In un libro di Monsignor Ravasi leggo un brano nel quale l’illustre prelato cita Luigi Santucci, che, a commento di uno scritto del poeta francese Paul Caudel nel quale questi parla dell’amara verità di ogni nostro Natale, definisce questa festività “effimera tregua della nostra malizia”.
Indubbiamente, in questi giorni, anche il cuore più arido riesce a provare un brivido di tenerezza mentre la nostalgia può forse aiutare la coscienza alla conversione.
Il Natale, per il poeta francese, contiene la forza di sollecitare il “nostro volere”, conducendoci a scelte di luce e non solo a “emozioni ritrovate”. Claudel però è anche consapevole che “ fragile e breve è il nostro volere”.
Il “tabernacolo” del Natale ci ospita come un rifugio sicuro, ma la nostra smania ci riconduce fuori, ci riporta alla consueta freddezza, all’indifferenza, alla cattiveria.
Del Natale si assorbe solo l’atmosfera ”festaiola” e sentimentale legata alle note dello Stille Nacht o al più mediterraneo Tu scendi dalle stelle, che qualche brivido riescono sempre a strappare.
Un altro poeta, Montale, addirittura scriveva in una sua strofa: “Il Natale è il giorno dell’anno che svuota le caserme e ci riporta gli amici persi…” nulla più.
Spesso, però, è anche la nostra incostanza e superficialità.

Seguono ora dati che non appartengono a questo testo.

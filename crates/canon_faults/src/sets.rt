//! What the canonical trees of sets declare, and that the rules on sets find no fault in it.

ghost use Rattle.std.specs.Prelude.{ℕ, List, [], map};
ghost use Rattle.std.specs.List.{AllByRecursion};
ghost use Rattle.dt_base.specs.names.Grammar.{dtmi_text};
ghost use Rattle.json_tree.specs.Grammar.{Spells};
ghost use Rattle.dtdl_terms.specs.Distinct.{AreDistinct, HasDeclaration};
ghost use Rattle.dtdl_terms.specs.Equality.{DeclareTheSame, SameElements};
ghost use Rattle.dtdl_terms.specs.declared.interface.Interface.{Interface};
ghost use Rattle.dtdl_terms.specs.declared.uploaded.Uploaded.{Uploaded};
ghost use Rattle.model_read.specs.Uploads.{AreUploaded};
ghost use Rattle.extend_resolve.specs.Breaches.{IsSound};
ghost use Rattle.canon_text.specs.Canonical.{set_value};
ghost use Rattle.local_rules.specs.Soundness.{IsSoundlyDeclared};

/// Two sets that declare the same, in whatever order, are judged the same by the rules on sets: where the interfaces of
/// each have declarations and identifiers of their own, the second breaks no rule if the first breaks none.
pub fn judged_alike()
    ensures { (us vs : List Uploaded) → SameElements DeclareTheSame (map (λ u. u.interface) us) (map (λ v. v.interface) vs)
        → AllByRecursion HasDeclaration (map (λ u. u.interface) us) → AllByRecursion HasDeclaration (map (λ v. v.interface) vs)
        → AreDistinct (map (λ i. dtmi_text i.id) (map (λ u. u.interface) us)) → AreDistinct (map (λ i. dtmi_text i.id) (map (λ v. v.interface) vs))
        → IsSound [] us → IsSound [] vs }
{}

/// What the canonical tree of a set declares, read as a document, declares the same as the set; its interfaces have
/// declarations, and identifiers of their own where those of the set do.
pub fn declared_alike()
    ensures same { (is : List Interface) (nth : ℕ) (us : List Uploaded) → AllByRecursion IsSoundlyDeclared is → AreUploaded (set_value is) nth us
        → SameElements DeclareTheSame is (map (λ u. u.interface) us) }
    ensures declarations { (bytes : List ℕ) (is : List Interface) (nth : ℕ) (us : List Uploaded) → AllByRecursion IsSoundlyDeclared is → Spells bytes (set_value is)
        → AreUploaded (set_value is) nth us → AllByRecursion HasDeclaration (map (λ u. u.interface) us) }
    ensures apart { (is : List Interface) (nth : ℕ) (us : List Uploaded) → AllByRecursion IsSoundlyDeclared is → AreUploaded (set_value is) nth us
        → AreDistinct (map (λ i. dtmi_text i.id) is) → AreDistinct (map (λ i. dtmi_text i.id) (map (λ u. u.interface) us)) }
{}
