//! Laws of canonical texts: read as documents, they have no fault.
#![tactic(auto)]

mod laws;
mod sets;
mod texts;

pub use laws::{break_nothing, numbers_are_normal, soundly_declared};
pub use sets::{declared_alike, judged_alike};
pub use texts::{prints_again, without_faults};
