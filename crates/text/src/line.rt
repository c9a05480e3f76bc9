// Lines in a buffer of 8,192 bytes, each behind what is written before it.
ghost use Rattle.std.specs.Prelude.{◌≡◌, [], ◌∷◌, ◌+◌, ◌≤◌, ◌<◌, length};
ghost use Rattle.marks.specs.Marks.{marked};
ghost use Rattle.text.specs.Inner.{Added};
ghost use Rattle.text.specs.Text.{decimal, places, number_line, list_line};

use itoa::Buffer;
use marks::look::{count_marked, places};

// A text that grows in a lent buffer: it ends at `end`.
#[derive(Drop)]
pub(crate) struct Text<'b> {
    out: &'b mut [u8; 8192],
    pub(crate) end: usize,
}

impl<'b> Text<'b> {
    // No text yet, from the start of the buffer on.
    pub(crate) fn new(out: &'b mut [u8; 8192]) -> Text<'b>
        ensures buffer { result.out.now ≡ out.old }
        ensures start { result.end ≡ 0 }
        ensures same_buffer { result.out.ghost_name ≡ out.entry.ghost_name }
    {
        Text { out, end: 0 }
    }

    // A word.
    fn push_word(&mut self, word: &[u8])
        requires { self.old.end + length word.now ≤ 8192 }
        ensures { Added word.now self.old self.new }
    {
        let end = self.end + word.len();
        let out = &mut *self.out;
        out[self.end..end].copy_from_slice(word);
        self.end = end;
    }

    // A number in decimal.
    fn push_number(&mut self, k: u32)
        requires { self.old.end + length (decimal k) ≤ 8192 }
        ensures { Added (decimal k) self.old self.new }
    {
        let mut digits = Buffer::new();
        self.push_word(digits.format(k).as_bytes());
    }

    // The marked places, ascending, each behind a space.
    fn push_places(&mut self, marks: &[u64])
        requires { self.old.end + length (places (marked marks.now) 1024) ≤ 8192 }
        ensures { Added (places (marked marks.now) 1024) self.old self.new }
    {
        for i in places(marks) {
            self.push_word(b" ");
            self.push_number(i as u32);
        }
    }

    // A word and a number: up to 10 digits, and the newline.
    pub(crate) fn number_line(&mut self, word: &[u8], k: u32)
        requires { self.old.end + length word.now + 11 ≤ 8192 }
        ensures { Added (number_line word.now k) self.old self.new }
    {
        self.push_word(word);
        self.push_number(k);
        self.push_word(b"\n");
    }

    // A word, how many places are marked, and which: up to 4 digits, the colon, 4,010 bytes of places and the newline.
    pub(crate) fn list_line(&mut self, word: &[u8], marks: &[u64])
        requires { self.old.end + length word.now + 4016 ≤ 8192 }
        ensures { Added (list_line word.now (marked marks.now)) self.old self.new }
    {
        self.push_word(word);
        self.push_number(count_marked(marks));
        self.push_word(b":");
        self.push_places(marks);
        self.push_word(b"\n");
    }
}
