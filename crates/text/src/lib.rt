// Text into a lent buffer: the lines of an outcome, and the whole of it.
#![tactic(auto)]

mod line;
pub mod outcome;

Con la speranza che possiamo riscoprire quella “integrità” che è alla base del Natale, auguro a tutti un sereno anno nuovo.
STEFANO CERVARELLI

Il significato del Natale è ormai non più univoco. Al concetto cristiano si è aggiunto molto significato esteriore.
Un tempo, quando si decise nella fase aurorale, di canonizzare l’evento si scelse quel solstizio d’inverno che assicurava la vittoria del sole che trionfa sulla oscurità. Al culto di Mitra si contrapponeva Christus Sol! “Io sono la luce del mondo”
Poi avvenne la de-mitizzazione e fu mercato.
Festa della famiglia, festa dei bambini, luci e canti in lingua inglese, luccichio e festa nello zampillare di sensazioni che nella normalità sono interrate.
Eppoi il ritorno al pagano ma non più del mediterraneo. La Julfest festa principe dei Germani in onore di Odino Freyer e Thor. Il Natale nordico delle renne e dei ghiacci.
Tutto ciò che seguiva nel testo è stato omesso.